__Work instruction__:
Could you output all of the records below exactly as they appear?

Stored records:
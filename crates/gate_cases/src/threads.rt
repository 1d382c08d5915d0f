// Workers that meet.
pub mod meeting;
pub mod rounds;
pub mod watched;
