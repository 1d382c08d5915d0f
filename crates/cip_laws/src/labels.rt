// Laws of units.
ghost use Rattle.cip_label.specs.Fitting.{UnitsAreFit};

/// At each end the units of a sound graph have at least two ligands, in all at most four; they are different ones, each
/// a neighbour or a lone pair.
pub fn units_are_fit()
    ensures { UnitsAreFit }
{}
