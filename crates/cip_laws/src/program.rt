// Whole runs of the program.
pub mod collections;
pub mod edits;
pub mod groups;
pub mod runs;
pub mod streams;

__Answer__:
filename crates/gate_cases/src/threads.rt
repository 1d382c08d5915d0f
// Workers that meet.
pub mod meeting;
pub mod rounds;
pub mod watched;
repository 1d382c08d5915d0f
filename crates/cip_laws/src/labels.rt
// Laws of units.
ghost use Rattle.cip_label.specs.Fitting.{UnitsAreFit};

/// At each end the units of a sound graph have at least two ligands, in all at most four; they are different ones, each
/// a neighbour or a lone pair.
pub fn units_are_fit()
    ensures { UnitsAreFit }
{}
filename crates/cip_laws/src/program.rt
// Whole runs of the program.
pub mod collections;
pub mod edits;
pub mod groups;
pub mod runs;
pub mod streams;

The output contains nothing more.